The juicy bits from the JournoList archive, exhumed and disseminated through the (conservative) Daily Caller website, show leading mainstream U.S. journalists discussing things like how to trash and smear Sarah Palin most effectively, in the moments after John McCain selected her as his running mate. Or, how to distract America from the scandal of Barack Obama’s long and intimate affiliation with the Rev. Jeremiah Wright, when that story hit the fan.

It is interesting that the major themes of mainstream journalistic reporting exactly repeated those thrashed out on JournoList, beforehand—where it was taken for granted that the journalists’ purpose was to get Obama elected, by performing services as an informal “detachment” of the Obama campaign. It looks for all the world like a carefully-organized conspiracy.
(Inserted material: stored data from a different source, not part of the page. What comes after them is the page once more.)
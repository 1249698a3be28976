//! Makes one text of each longest stretch of texts.

ghost use Rattle.std.specs.Prelude.{◌≡◌, ◌++◌, IfOk, OnOk, string_bytes};
ghost use Rattle.std.specs.Option.{option_map};
ghost use Rattle.tocmark_event.specs.Merged.{merged, or_empty, pending_text};
ghost use Rattle.tocmark_compare.specs.Given.{given_events};

use crate::compare::Placed;
use std::alloc::{AllocError, Global};
use tocmark_event::event::{CowStr, Event, Words};

/// A stretch of texts with one text more.
fn longer(alloc: Global, stretch: Option<String>, text: &str) -> Result<String, AllocError>
    ensures { IfOk result (λ whole.
        string_bytes whole ≡ or_empty (option_map string_bytes stretch) ++ text.now) }
{
    let mut whole = match stretch {
        None => String::new(alloc),
        Some(stretch) => stretch,
    };
    whole.push_str(text)?;
    Ok(whole)
}

/// Adds a stretch of texts as one, if there is one.
fn push_stretch(
    all: &mut Vec<Placed>,
    stretch: Option<String>,
    range: (usize, usize),
) -> Result<(), AllocError>
    ensures { OnOk result (given_events all.new.items
        ≡ given_events all.old.items ++ pending_text (option_map string_bytes stretch)) }
{
    if let Some(stretch) = stretch {
        all.push((Event::Text(CowStr::Owned(stretch)), range))?;
    }
    Ok(())
}

/// The bytes of a stretch of texts with one text more.
fn wider(is_begun: bool, range: (usize, usize), text: (usize, usize)) -> (usize, usize) {
    if is_begun { (range.0, text.1) } else { text }
}

/// Copies of events beside their bytes, with each longest stretch of texts as one. It fails if memory runs out.
pub fn merged(alloc: Global, events: &[Placed]) -> Result<Vec<Placed>, AllocError>
    ensures { IfOk result (λ all. given_events all.items ≡ merged (given_events events.now)) }
{
    let mut all = Vec::new(alloc);
    let mut stretch: Option<String> = None;
    let mut range = (0usize, 0usize);
    for pair in events {
        match &pair.0 {
            Event::Text(text) => {
                range = wider(stretch.is_some(), range, pair.1);
                stretch = Some(longer(alloc, stretch, text.words())?);
            }
            _ => {
                push_stretch(&mut all, stretch, range)?;
                stretch = None;
                all.push((pair.0.to_static(alloc)?, pair.1))?;
            }
        }
    }
    push_stretch(&mut all, stretch, range)?;
    Ok(all)
}
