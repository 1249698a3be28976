//! What one Markdown text has: its links and its anchors.

ghost use Rattle.std.specs.Prelude.{IfOk};
ghost use Rattle.tocmark_links.specs.Anchors.{reserved, AreNumbered};

use crate::anchors::{Anchor, AnchorKind, number};
use crate::html::{Value, values};
use crate::slug::Slugs;
use std::alloc::{AllocError, Global};
use std::mem;
use tocmark_event::event::{Event, HeadingLevel, LinkType, ParserOptions, Tag, TagEnd};
use tocmark_event::reader::Reading;
use tocmark_read_scan::basic::{byte_at, bytes_between, starts_at};
use tocmark_read_scan::class::{Class, run_end};
use tocmark_read_tokens::reference::unescaped;
use tocmark_read_tokens::word::destination;
use tocmark_reader::{ExtendedReader, Names, ReferenceDefinition};

/// The reader of all pages.
pub(crate) const READER: ExtendedReader = ExtendedReader { names: Names::All };

/// What a link is in its text.
#[derive(Clone, Copy, PartialEq, Eq)]
pub enum LinkKind {
    /// `[text](destination)`
    Inline,
    /// `![text](destination)`
    Image,
    /// `[label]: destination`
    Definition,
    /// `href` or `src` of HTML.
    Html,
}

/// A link of a page. Autolinks, such as `<https://example.org>`, are none.
#[derive(Drop)]
pub struct Link {
    pub kind: LinkKind,
    /// Where it leads, without escapes and character references.
    pub destination: String,
    /// The bytes of its destination in the text, with `<` and `>` if it has them; `None`, if that place isn't found.
    pub place: Option<(usize, usize)>,
    /// The line of the text where it begins, from 1 on.
    pub line: usize,
    /// The character of that line where it begins, from 1 on.
    pub column: usize,
}

/// The links of a text, and its anchors, in their order.
#[derive(Drop)]
pub struct Page {
    pub links: Vec<Link>,
    pub anchors: Vec<Anchor>,
}

/// A link that is open.
#[derive(Drop)]
struct OpenLink {
    kind: LinkKind,
    destination: String,
    is_inline: bool,
    start: usize,
}

/// A link without its line.
#[derive(Drop)]
struct FoundLink {
    kind: LinkKind,
    destination: String,
    place: Option<(usize, usize)>,
    start: usize,
}

/// The heading that is open.
#[derive(Drop)]
struct OpenHeading {
    level: usize,
    id: Option<String>,
    words: String,
    /// The first byte of its words, and the one after the last.
    place: Option<(usize, usize)>,
}

/// Collects links and anchors from events. Headings get their anchors in the end.
#[derive(Drop)]
struct Collecting<'t> {
    alloc: Global,
    text: &'t str,
    slugs: Slugs,
    links: Vec<FoundLink>,
    anchors: Vec<Anchor>,
    open_links: Vec<OpenLink>,
    open_images: usize,
    heading: Option<OpenHeading>,
    /// The anchors of the HTML in the heading that is open.
    within: Vec<Anchor>,
    /// Where the last event ends.
    end: usize,
}

/// Adds what mdBook shows for so many `-`: a dash, unless it is one alone.
fn push_hyphens(text: &mut String, count: usize) -> Result<(), AllocError> {
    match count {
        0 => Ok(()),
        1 => text.push('-'),
        3 => text.push('\u{2014}'),
        _ => text.push('\u{2013}'),
    }
}

/// A text with a dash for each stretch of two or more `-`, as mdBook shows it.
fn with_dashes(alloc: Global, text: &str) -> Result<String, AllocError> {
    let mut dashed = String::new(alloc);
    let mut hyphens = 0usize;
    for c in text.chars() {
        if c == '-' {
            hyphens = hyphens.saturating_add(1);
        } else {
            push_hyphens(&mut dashed, hyphens)?;
            hyphens = 0;
            dashed.push(c)?;
        }
    }
    push_hyphens(&mut dashed, hyphens)?;
    Ok(dashed)
}

/// How many `#` a heading of this level has.
fn number_of(level: HeadingLevel) -> usize {
    match level {
        HeadingLevel::H1 => 1,
        HeadingLevel::H2 => 2,
        HeadingLevel::H3 => 3,
        HeadingLevel::H4 => 4,
        HeadingLevel::H5 => 5,
        HeadingLevel::H6 => 6,
    }
}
And yet it isn’t. As Joe Klein, of Time magazine—prominent both as journalist and on JournoList—hath protested, he didn’t need any strategy sessions in e-mail to decide how to attack Palin; he could “easily” have selected all the angles, by himself. And I do not doubt for a moment that he is telling the truth.

It was his word “easily” that I found most significant. I could myself, in advance, “easily” have guessed from which angles Joe Klein would attack Sarah Palin, and will, as he promises, continue to attack her. The dogs in Pavlov’s experiment did not “conspire” to salivate.

No journalist can be perfectly “detached” from what he is covering; so that the pose of perfect detachment is a fraud. It is too much to ask of any human being, whether liberal or conservative. The best we can ask is for honesty and candour—for some elementary sense of fair play—and it is a shame we must search through private e-mails to find those qualities.